__WORK ITEM__:
Transcribe the whole listing precisely, leaving nothing out.

__RAW DATA__:
+ + + + +

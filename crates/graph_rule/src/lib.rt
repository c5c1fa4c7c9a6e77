//! The needs and the order of a start, as a graph.
//!
//! `graph` says of a script's last start which nodes and edges its graph has: of all that it takes, or of one name with what it needs and
//! what needs it. Rules: Windows Internals, 4th edition, startup; docs/startup.md. Definitions: `specs/`.
#![tactic(auto)]

mod entries;
mod graph;
mod marks;
mod names;
mod nodes;
mod numbers;
mod parts;
mod rows;
mod whole;

pub use graph::graph_in;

+ + + + +

__RESPONSE__:
filename crates/graph_rule/src/lib.rt
repository c5c1fa4c7c9a6e77
//! The needs and the order of a start, as a graph.
//!
//! `graph` says of a script's last start which nodes and edges its graph has: of all that it takes, or of one name with what it needs and
//! what needs it. Rules: Windows Internals, 4th edition, startup; docs/startup.md. Definitions: `specs/`.
#![tactic(auto)]

mod entries;
mod graph;
mod marks;
mod names;
mod nodes;
mod numbers;
mod parts;
mod rows;
mod whole;

pub use graph::graph_in;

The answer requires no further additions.